Bornean flat-headed frog
- Conservation status: Endangered (IUCN 3.1)

Scientific classification
- Kingdom: Animalia
- Phylum: Chordata
- Class: Amphibia
- Order: Anura
- Family: Bombinatoridae
- Genus: Barbourula
- Species: B. kalimantanensis
- Binomial name: Barbourula kalimantanensis Iskandar, 1978

= Bornean flat-headed frog =

- Authority: Iskandar, 1978
- Conservation status: EN

Species of amphibian

The Bornean flat-headed frog (Barbourula kalimantanensis) is a species of frog in the family Bombinatoridae. For many years, it was thought to be the only frog with no lungs. However, micro CT scanning revealed that, like all other known frog species, the Bornean flat-headed frog has lungs, though they are tiny.

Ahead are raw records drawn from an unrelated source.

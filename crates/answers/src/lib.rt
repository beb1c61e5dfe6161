// The card's answers (docs/FORMS.md), appended to a lent buffer.
//
// An answer is a template, filled in: `F` gives way to the next figure, `N` to the next count. None is longer than
// ANSWER_BYTES.
#![tactic(auto)]

ghost use Rattle.std.specs.Prelude.{◌≡◌, ◌+◌, ◌≤◌, length};
ghost use Rattle.texts.specs.Appended.{Appended};
ghost use Rattle.answers.specs.Filled.{filled, room};
ghost use Rattle.answers.specs.Answers.{AnswerFits, template, text_of};
ghost use Rattle.answers.specs.Places.{HasRoom, PutPiece};

// How many bytes an answer may have.
pub const ANSWER_BYTES: usize = 320;

// The templates of the longer answers, as docs/FORMS.md writes them.
const FIGURES: [u8; 81] =
    *b"(figures (mass F) (centre F F F) (inertia F F F F F F) (intervals N) (samples N))";

const AREA: [u8; 56] = *b"(area (area F) (centroid F F) (intervals N) (samples N))";

const JOINED: [u8; 54] = *b"(joined (mass F) (centre F F F) (inertia F F F F F F))";

const RING: [u8; 52] = *b"(ring (mass F) (centre F F F) (inertia F F F F F F))";

const BODY: [u8; 52] = *b"(body (mass F) (centre F F F) (inertia F F F F F F))";

const DONE: [u8; 90] =
    *b"(done N (figures (mass F) (centre F F F) (inertia F F F F F F) (intervals N) (samples N)))";

const PROGRESS: [u8; 58] = *b"(progress (worked N) (strips N) (intervals N) (samples N))";

// The answers that docs/FORMS.md lists, by what they tell.
#[derive(Clone, Copy)]
pub enum Shape {
    Figures,
    Area,
    Joined,
    Ring,
    Body,
    Closing,
    Inside,
    Edge,
    Outside,
    Moments,
    Sound,
    Taken,
    Idle,
    More,
    Done,
    DoneRefused,
    Progress,
    Refused,
}

// An answer: its shape, and the figures and counts that its template takes, from the first on. Those that the template
// does not reach are not printed.
#[derive(Clone, Copy)]
pub struct Reply {
    pub shape: Shape,
    pub figures: [f64; 10],
    pub counts: [u64; 4],
}

// Where printing stands: how many bytes are written, and how many figures and counts have been used. `blocks` fills in
// its own texts: one function for both would need a trait with laws of marks, room and pieces, longer than the two.
#[derive(Clone, Copy)]
struct Place {
    n: usize,
    figures: usize,
    counts: usize,
}

// Appends what one byte of a template stands for: the next figure for `F` (70), the next count for `N` (78), or nothing
// where none is left; any other byte stands for itself.
fn put_piece(out: &mut [u8], p: Place, b: u8, figures: &[f64], counts: &[u64]) -> Place
    requires { HasRoom out.old p b figures.now counts.now }
    ensures { PutPiece out.old out.new p result b figures.now counts.now }
{
    let n = p.n;
    let i = p.figures;
    let j = p.counts;
    if b == 70 {
        if figures.len() <= i {
            return p;
        }
        let end = hexadecimal::put_figure(out, n, figures[i]);
        let next = i + 1;
        return Place {
            n: end,
            figures: next,
            counts: j,
        };
    }
    if b == 78 {
        if counts.len() <= j {
            return p;
        }
        let end = counts::put_count(out, n, counts[j]);
        let next = j + 1;
        return Place {
            n: end,
            figures: i,
            counts: next,
        };
    }
    out[n] = b;
    let end = n + 1;
    Place {
        n: end,
        figures: i,
        counts: j,
    }
}

// Appends a template, filled in, to the n bytes at the start of out, and returns how many there are then.
pub fn put_filled(
    out: &mut [u8],
    n: usize,
    template: &[u8],
    figures: &[f64],
    counts: &[u64],
) -> usize
    requires { n + room template.now ≤ length out.old }
    ensures { Appended out.old n
        (filled template.now figures.now counts.now) out.new result }
{
    let mut p = Place {
        n,
        figures: 0,
        counts: 0,
    };
    for b in template {
        p = put_piece(out, p, *b, figures, counts);
    }
    p.n
}

// Returns the template of an answer of this shape.
#[tactic(auto, unfolding(tokens::specs::Text::text, tokens::specs::Text::codes))]
fn template(shape: Shape) -> &'static [u8]
    ensures { result.now ≡ template shape }
{
    match shape {
        Shape::Figures => &FIGURES,
        Shape::Area => &AREA,
        Shape::Joined => &JOINED,
        Shape::Ring => &RING,
        Shape::Body => &BODY,
        Shape::Closing => b"(closing F)",
        Shape::Inside => b"(inside N)",
        Shape::Edge => b"(edge N)",
        Shape::Outside => b"(outside N)",
        Shape::Moments => b"(moments F F F)",
        Shape::Sound => b"(sound)",
        Shape::Taken => b"(taken)",
        Shape::Idle => b"(idle)",
        Shape::More => b"(more N)",
        Shape::Done => &DONE,
        Shape::DoneRefused => b"(done N (refused N))",
        Shape::Progress => &PROGRESS,
        Shape::Refused => b"(refused N)",
    }
}

// Appends an answer to the n bytes at the start of out, and returns how many there are then.
pub fn put_reply(out: &mut [u8], n: usize, reply: Reply) -> usize
    requires { AnswerFits out.old n }
    ensures { Appended out.old n (text_of reply) out.new result }
{
    put_filled(out, n, template(reply.shape), &reply.figures, &reply.counts)
}
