// Reading the figures of an event (the heap comes beside a word, as for the header's), and turning a demand in kW into the figure that a programme settles by.

ghost use Rattle.std.specs.Prelude.{◌≡◌, MatchResult};
ghost use Rattle.sheet_values.specs.Figures.{baseline_of, load_of, over, FigureText};
ghost use Rattle.sheet_values.specs.Refusals.{NoFigure};

use crate::measured::Figure;
use crate::numbers::number;
use decimals::Places;
use programme::Figures;
use sheet_words::LineFault;
use std::alloc::Global;

impl Figure {
    // A demand is written in kW with that suffix, a figure itself as a whole number.
    pub fn read(heap: Global, text: &str) -> Result<Figure, LineFault>
        ensures { MatchResult result (FigureText text.now) (NoFigure text.now) }
    {
        match text.strip_suffix("kW") {
            Some(kilowatts) => Ok(Figure::Demand(number(heap, kilowatts, Places::Three)?)),
            None => Ok(Figure::Total(number(heap, text, Places::Zero)?)),
        }
    }

    // The figure, into which a demand enters as many times as readings are added up.
    fn over(self, parts: u64) -> u64
        ensures { result ≡ over parts self }
    {
        match self {
            Figure::Total(watts) => watts,
            Figure::Demand(watts) => watts.saturating_mul(parts),
        }
    }

    // The event load over a window of n quarters.
    pub fn load(self, figures: Figures, n: u16) -> u64
        ensures { result ≡ load_of figures.fold n self }
    {
        self.over(figures.fold.parts(1, n))
    }

    // The baseline over the windows of n quarters of the programme's baseline days.
    pub fn baseline(self, figures: Figures, n: u16) -> u64
        ensures { result ≡ baseline_of figures.baseline_days figures.fold n self }
    {
        self.over(figures.fold.parts(figures.baseline_days, n))
    }
}
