// The figures of an event, as a sheet gives them.

#[derive(Clone, Copy, PartialEq, Eq, Debug)]
pub enum Figure {
    // a demand in W: the mean over the window, or its peak, as the programme measures
    Demand(u64),
    // the figure itself, in W added up
    Total(u64),
}
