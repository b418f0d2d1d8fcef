// Numbers of a sheet, read from words and fitted into their types. The heap comes beside a word, as for the header's.

ghost use Rattle.std.specs.Prelude.{ℕ, MatchResult};
ghost use Rattle.decimals.specs.declared.kinds.Places.TheVariants.{Zero as Whole};
ghost use Rattle.decimals.specs.Numerals.{Spells, places_of};
ghost use Rattle.sheet_values.specs.Numbers.{Fits};
ghost use Rattle.sheet_words.specs.Faults.{Blames, complaint_of, IsNoNumber};

use decimals::{Misread, Places};
use sheet_words::{Complaint, LineFault, blame};
use std::alloc::Global;

// The fault of a word that is no number.
fn no_number(heap: Global, text: &str, places: Places, why: Misread) -> LineFault
    ensures { Blames text.now (complaint_of places why) result }
{
    let complaint = match why {
        Misread::Empty | Misread::NotANumber => Complaint::NotANumber,
        Misread::TooManyDigits => Complaint::TooManyDigits,
        Misread::TooManyDecimals => Complaint::TooManyDecimals(places),
    };
    blame(heap, text, complaint)
}

// A word as a number in units of its last place.
pub fn number(heap: Global, text: &str, places: Places) -> Result<u64, LineFault>
    ensures { MatchResult result (λ n. Spells (places_of places) text.now n) (IsNoNumber places text.now) }
{
    decimals::read(text.as_bytes(), places).map_err(|why| no_number(heap, text, places, why))
}

// A number that its type cannot hold becomes the type's largest, which no check of a settlement lets pass.
pub(crate) fn fitted<T: TryFrom<u64> + Drop>(n: u64, largest: T) -> T
where
    T::Error: Drop,
    ensures { Fits T.try_from_gives n largest result }
{
    T::try_from(n).unwrap_or(largest)
}

// A word as a whole number of a type.
pub(crate) fn count<T: TryFrom<u64> + Drop>(
    heap: Global,
    text: &str,
    largest: T,
) -> Result<T, LineFault>
where
    T::Error: Drop,
    ensures { MatchResult result (λ value. (n : ℕ) × Spells 0 text.now n × Fits T.try_from_gives n largest value) (IsNoNumber Whole text.now) }
{
    Ok(fitted(number(heap, text, Places::Zero)?, largest))
}
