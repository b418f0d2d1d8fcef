// An event with its line can be settled as it stands.

use crate::noted::Noted;
use settlement::{Called, Event};

impl Called for Noted<Event> {
    ghost event = { λ noted. noted.value };

    fn event(&self) -> Event {
        self.value
    }
}
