// The values of a month's sheet: its header and its events, read from words.

#![tactic(auto)]

mod called;
mod drafts;
mod events;
mod figures;
mod headers;
mod measured;
mod noted;
mod numbers;
mod refused;

pub use events::read_event;
pub use headers::{Header, HeaderLines};
pub use measured::Figure;
pub use noted::{Draft, Noted};
pub use numbers::number;
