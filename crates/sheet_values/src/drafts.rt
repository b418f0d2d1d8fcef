// Reading the header.
// The heap comes beside each word that is read, since a fault quotes the word; readers that answer a bare complaint would have it blamed
// at each call.

ghost use Rattle.std.specs.Prelude.{◌≡◌, ◌≢◌, ℕ, ◌≤◌, [], ◌∷◌, Some, None, MatchResult};
ghost use Rattle.calendar.specs.Texts.{month_text};
ghost use Rattle.programme.specs.declared.codes.Code.{Code as Named};
ghost use Rattle.sheet_words.specs.Faults.{Blames};
ghost use Rattle.sheet_words.specs.declared.faults.Complaint.TheVariants.{UnknownProgramme as UnknownLetter, NoMonth as NamesNoMonth};
ghost use Rattle.sheet_words.specs.declared.faults.LineFault.TheVariants.{Twice as SaidTwice};
ghost use Rattle.sheet_values.specs.Refusals.{NotedOn, Refuses};
ghost use Rattle.programme.specs.Programmes.{letter_of};
ghost use Rattle.sheet_values.specs.Drafts.{is_blank, Completes, Lacks, NamesMonth, Takes};

use crate::headers::{Header, HeaderLines};
use crate::noted::{Draft, Noted};
use crate::numbers::count;
use calendar::Month;
use programme::{Code, Terms};
use settlement::Agreement;
use sheet_words::{Complaint, LineFault, Word, blame};
use std::alloc::Global;

// The readers of single words are one line each, with the text of their own type in the clause: a generic one would be told
// the type's reader, its complaint and its text at every call.
fn read_code(heap: Global, text: &str) -> Result<Code, LineFault>
    ensures { MatchResult result (λ code. text.now ≡ letter_of code ∷ []) (λ fault. ((code : Named) → text.now ≢ letter_of code ∷ []) × Blames text.now UnknownLetter fault) }
{
    text.parse()
        .map_err(|_| blame(heap, text, Complaint::UnknownProgramme))
}

fn read_month(heap: Global, text: &str) -> Result<Month, LineFault>
    ensures { MatchResult result (λ month. NamesMonth text.now month) (λ fault. ((month : ℕ) → month ≤ 359 → text.now ≢ month_text month) × Blames text.now NamesNoMonth fault) }
{
    Month::read(text.as_bytes()).ok_or_else(|| blame(heap, text, Complaint::NoMonth))
}

// Notes a value, if none is noted yet.
fn note<T: Copy>(
    slot: &mut Option<Noted<T>>,
    word: Word,
    value: T,
    line: usize,
) -> Result<(), LineFault>
    ensures { MatchResult result (λ _. (slot.old ≡ None) × (slot.new ≡ Some (record { value = value; line = line }))) (λ fault. (slot.new ≡ slot.old) × ((earlier : ℕ) × NotedOn slot.old earlier × (fault ≡ SaidTwice word earlier))) }
{
    if let Some(noted) = slot {
        return Err(LineFault::Twice {
            word,
            line: noted.line,
        });
    }
    *slot = Some(Noted { value, line });
    Ok(())
}

impl Draft {
    pub fn new() -> Draft
        ensures { result ≡ record { code = None; account = None; month = None; capacity = None; reduction = None; hours = None } }
    {
        Draft::default()
    }

    // Whether no word of the header is read yet.
    pub fn is_empty(&self) -> bool
        ensures { result ≡ is_blank self.now }
    {
        *self == Draft::new()
    }

    // Takes over a header's statement.
    pub fn take(
        &mut self,
        heap: Global,
        word: Word,
        text: &str,
        line: usize,
    ) -> Result<(), LineFault>
        ensures { MatchResult result (λ _. Takes word text.now line self.old self.new) (λ fault. (self.new ≡ self.old) × Refuses word text.now self.old fault) }
    {
        match word {
            Word::Programme => note(&mut self.code, word, read_code(heap, text)?, line),
            Word::Account => note(&mut self.account, word, count(heap, text, u8::MAX)?, line),
            Word::Month => note(&mut self.month, word, read_month(heap, text)?, line),
            Word::Capacity => note(&mut self.capacity, word, count(heap, text, u32::MAX)?, line),
            Word::Reduction => note(
                &mut self.reduction,
                word,
                count(heap, text, u32::MAX)?,
                line,
            ),
            Word::Hours => note(&mut self.hours, word, count(heap, text, u8::MAX)?, line),
            // an event's word is none of the header's: nothing to take; any word may come, since a type of the header's six
            // would be turned into a `Word` by each fault, and would ask more of the caller
            Word::Event => Ok(()),
        }
    }

    // The header, if it is complete, or the first word that it lacks.
    pub fn complete(&self) -> Result<Header, Word>
        ensures { MatchResult result (λ header. Completes self.now header) (λ word. Lacks self.now word) }
    {
        let code = self.code.ok_or(Word::Programme)?;
        let account = self.account.ok_or(Word::Account)?;
        let month = self.month.ok_or(Word::Month)?;
        let capacity = self.capacity.ok_or(Word::Capacity)?;
        let reduction = self.reduction.ok_or(Word::Reduction)?;
        let hours = self.hours.ok_or(Word::Hours)?;
        let terms = Terms {
            capacity_kw: capacity.value,
            reduction_kw: reduction.value,
            hours: hours.value,
        };
        Ok(Header {
            agreement: Agreement {
                code: code.value,
                account: account.value,
                terms,
            },
            month: month.value,
            lines: HeaderLines {
                account: account.line,
                capacity: capacity.line,
                reduction: reduction.line,
                hours: hours.line,
            },
        })
    }
}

Djoko Iskandar, an Indonesian zoologist, first described the Bornean flat-headed frog based on a single specimen. However, he did not think the frog was lungless until he was in the field with David Bickford's expedition. Bickford et al. dissected some of the specimens and were unable to see the lungs, leading them to incorrectly conclude that no lungs were present.

==Description==
This frog grows to a snout-to-vent length of 77 mm for females and males are slightly smaller. It has a dorsoventrally flattened body with a broad head with a rounded snout. The limbs are robust and both hands and feet are fully webbed. The dorsal skin is smooth with small tubercles on the posterior end and the hind legs and the ventral skin is smooth. Its general colour is brown with black mottling.

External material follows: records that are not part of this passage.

// The header of a sheet: what it says, and on which lines.

use calendar::Month;
use settlement::Agreement;

// Where the header's words stand; beside the agreement and not in it, since the agreement is settled as a whole.
#[derive(Clone, Copy, PartialEq, Eq, Debug)]
pub struct HeaderLines {
    pub account: usize,
    pub capacity: usize,
    pub reduction: usize,
    pub hours: usize,
}

#[derive(Clone, Copy, PartialEq, Eq, Debug)]
pub struct Header {
    pub agreement: Agreement,
    pub month: Month,
    pub lines: HeaderLines,
}
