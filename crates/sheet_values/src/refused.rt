// Where a header is at fault.

ghost use Rattle.std.specs.Prelude.{◌≡◌};
ghost use Rattle.sheet_values.specs.Headers.{refused_line};

use crate::headers::Header;
use limits::ACCOUNTS;

impl Header {
    // The line that a refusal of the agreement names: that of the account, or of the first of the terms that is out of its range.
    pub fn refused_line(self) -> usize
        ensures { result ≡ refused_line self }
    {
        let agreement = self.agreement;
        let terms = agreement.terms;
        // `Terms::lawful` tests all ranges at once, and here each has a line of its own
        let lowest_kw = agreement.code.figures().lowest_kw;
        if agreement.account >= ACCOUNTS {
            self.lines.account
        } else if !(100..=200_000).contains(&terms.capacity_kw) {
            self.lines.capacity
        } else if !(lowest_kw..=terms.capacity_kw).contains(&terms.reduction_kw) {
            self.lines.reduction
        } else {
            self.lines.hours
        }
    }
}
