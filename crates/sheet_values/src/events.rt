// Reading the line of an event. The heap comes beside each word, for the reason that stands with the header's readers.

ghost use Rattle.std.specs.Prelude.{◌≡◌, ◌≢◌, ℕ, ◌≤◌, Bool, MatchResult};
ghost use Rattle.calendar.specs.Texts.{date_text, time_text};
ghost use Rattle.sheet_words.specs.Faults.{Blames};
ghost use Rattle.sheet_words.specs.declared.faults.Complaint.TheVariants.{NoDate as NamesNoDay, NoTime as NamesNoTime, NoNotice as NeitherNotice};
ghost use Rattle.sheet_values.specs.Events.{EventText, notice_text};
ghost use Rattle.sheet_values.specs.Refusals.{NoEvent};

use crate::headers::Header;
use crate::measured::Figure;
use crate::numbers::{fitted, number};
use calendar::{Day, Quarter};
use decimals::Places;
use programme::Dispatch;
use settlement::Event;
use sheet_words::{Complaint, EventWords, LineFault, blame};
use std::alloc::Global;

// As the readers of the header's words, one line each.
fn read_day(heap: Global, text: &str) -> Result<Day, LineFault>
    ensures { MatchResult result (λ day. text.now ≡ date_text day.number) (λ fault. ((day : ℕ) → day ≤ 10957 → text.now ≢ date_text day) × Blames text.now NamesNoDay fault) }
{
    Day::read(text.as_bytes()).ok_or_else(|| blame(heap, text, Complaint::NoDate))
}

fn read_start(heap: Global, text: &str) -> Result<Quarter, LineFault>
    ensures { MatchResult result (λ quarter. text.now ≡ time_text quarter.number) (λ fault. ((quarter : ℕ) → quarter ≤ 95 → text.now ≢ time_text quarter) × Blames text.now NamesNoTime fault) }
{
    Quarter::read(text.as_bytes()).ok_or_else(|| blame(heap, text, Complaint::NoTime))
}

// Whether the notice was late: a yes or no, as the event function takes it.
fn read_late(heap: Global, text: &str) -> Result<bool, LineFault>
    ensures { MatchResult result (λ late. text.now ≡ notice_text late) (λ fault. ((late : Bool) → text.now ≢ notice_text late) × Blames text.now NeitherNotice fault) }
{
    match text {
        "early" => Ok(false),
        "late" => Ok(true),
        _ => Err(blame(heap, text, Complaint::NoNotice)),
    }
}

// The event that the words of its line describe under a header.
pub fn read_event(heap: Global, header: Header, words: EventWords) -> Result<Event, LineFault>
    ensures { let w = words.entry in MatchResult result (EventText header w.date.now w.start.now w.notice.now w.price.now w.baseline.now w.load.now) (NoEvent header w.date.now w.start.now w.notice.now w.price.now w.baseline.now w.load.now) }
{
    let day = read_day(heap, words.date)?;
    if day.month() != header.month {
        return Err(blame(heap, words.date, Complaint::OutsideMonth));
    }
    let start = read_start(heap, words.start)?;
    let figures = header.agreement.code.figures();
    let quarters = header.agreement.terms.quarters();
    let dispatch = Dispatch {
        late: read_late(heap, words.notice)?,
        price: fitted(number(heap, words.price, Places::Two)?, u16::MAX),
        baseline: Figure::read(heap, words.baseline)?.baseline(figures, quarters),
        event_load: Figure::read(heap, words.load)?.load(figures, quarters),
    };
    Ok(Event {
        day,
        start,
        dispatch,
    })
}
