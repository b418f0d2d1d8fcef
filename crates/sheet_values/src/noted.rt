// What is noted of a sheet with its line, and the header as far as it is read.

use calendar::Month;
use programme::Code;

// A value and the line that it stands on.
#[derive(Clone, Copy, PartialEq, Eq, Debug)]
pub struct Noted<T> {
    pub value: T,
    pub line: usize,
}

#[derive(Clone, Copy, PartialEq, Eq, Default, Debug)]
pub struct Draft {
    pub code: Option<Noted<Code>>,
    pub account: Option<Noted<u8>>,
    pub month: Option<Noted<Month>>,
    pub capacity: Option<Noted<u32>>,
    pub reduction: Option<Noted<u32>>,
    pub hours: Option<Noted<u8>>,
}
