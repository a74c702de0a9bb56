// Digits as bytes: numbers in decimal, unpadded or right-aligned, and bytes in hexadecimal. Each writer writes at a
// place, answers the place behind what it wrote, and leaves every other byte as it was (`Wrote` of the crate writer).
// Their meaning is specs/Digits.antt. Assumes nothing.
#![tactic(auto)]

ghost use Rattle.std.specs.Prelude.{◌≡◌, cond, ◌+◌, ◌%◌, ◌≤◌, eqb, length};
ghost use Rattle.writer.specs.Written.{Wrote};
ghost use Rattle.digits.specs.Digits.{decimal, right_aligned, hex};

use writer::put_byte;

// By hand, here and below: the library writes digits by `fmt` into a `Write`, and no clause says which; these go to a place of a slice, and their clauses do.
// Writes a number in decimal, unpadded.
pub fn put_decimal(out: &mut [u8], at: usize, number: u32) -> usize
    requires { at + length (decimal number) ≤ length out.old }
    ensures { Wrote at (decimal number) result out.old out.new }
{
    if number < 10 {
        return put_byte(out, at, (48 + number) as u8);
    }
    let next = put_decimal(out, at, number / 10);
    put_byte(out, next, (48 + number % 10) as u8)
}

// What stands in a place, by what the number is from that place up: its last digit, or a space where nothing is left.
fn digit_or_space(number: u32) -> u8
    ensures { result ≡ cond (eqb number 0) 32 (48 + number % 10) }
{
    if number == 0 {
        return b' ';
    }
    (48 + number % 10) as u8
}

// Four calls and no `for` over four powers of ten: the last place has a digit of 0 too, so that it stands by itself in either form.
// Writes a number in five places, right-aligned.
pub fn put_in_five_places(out: &mut [u8], at: usize, number: u32) -> usize
    requires { (length (decimal number) ≤ 5) × (at + 5 ≤ length out.old) }
    ensures { Wrote at (right_aligned 5 number) result out.old out.new }
{
    let next = put_byte(out, at, digit_or_space(number / 10000));
    let next = put_byte(out, next, digit_or_space(number / 1000));
    let next = put_byte(out, next, digit_or_space(number / 100));
    let next = put_byte(out, next, digit_or_space(number / 10));
    put_byte(out, next, (48 + number % 10) as u8)
}

// Writes bytes in hexadecimal, two digits each.
pub fn put_hex(out: &mut [u8], at: usize, bytes: &[u8]) -> usize
    requires { at + length (hex bytes.now) ≤ length out.old }
    ensures { Wrote at (hex bytes.now) result out.old out.new }
{
    let digits = b"0123456789ABCDEF";
    let mut next = at;
    for byte in bytes {
        next = put_byte(out, next, digits[*byte as usize / 16]);
        next = put_byte(out, next, digits[*byte as usize % 16]);
    }
    next
}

==Distribution and habitat==
This aquatic frog lives in cold, clear, and fast rivers in remote areas of the rain forests of Kalimantan, the Indonesian part of the island of Borneo. It is known from only two localities, both in the Kapuas River basin.

==Status==
The Bornean flat-headed frog is listed as Endangered by the IUCN. It is threatened by habitat loss from severe degradation of the river habitats because of increased turbidity and toxic metals used in mining and other negative consequences of development on the island.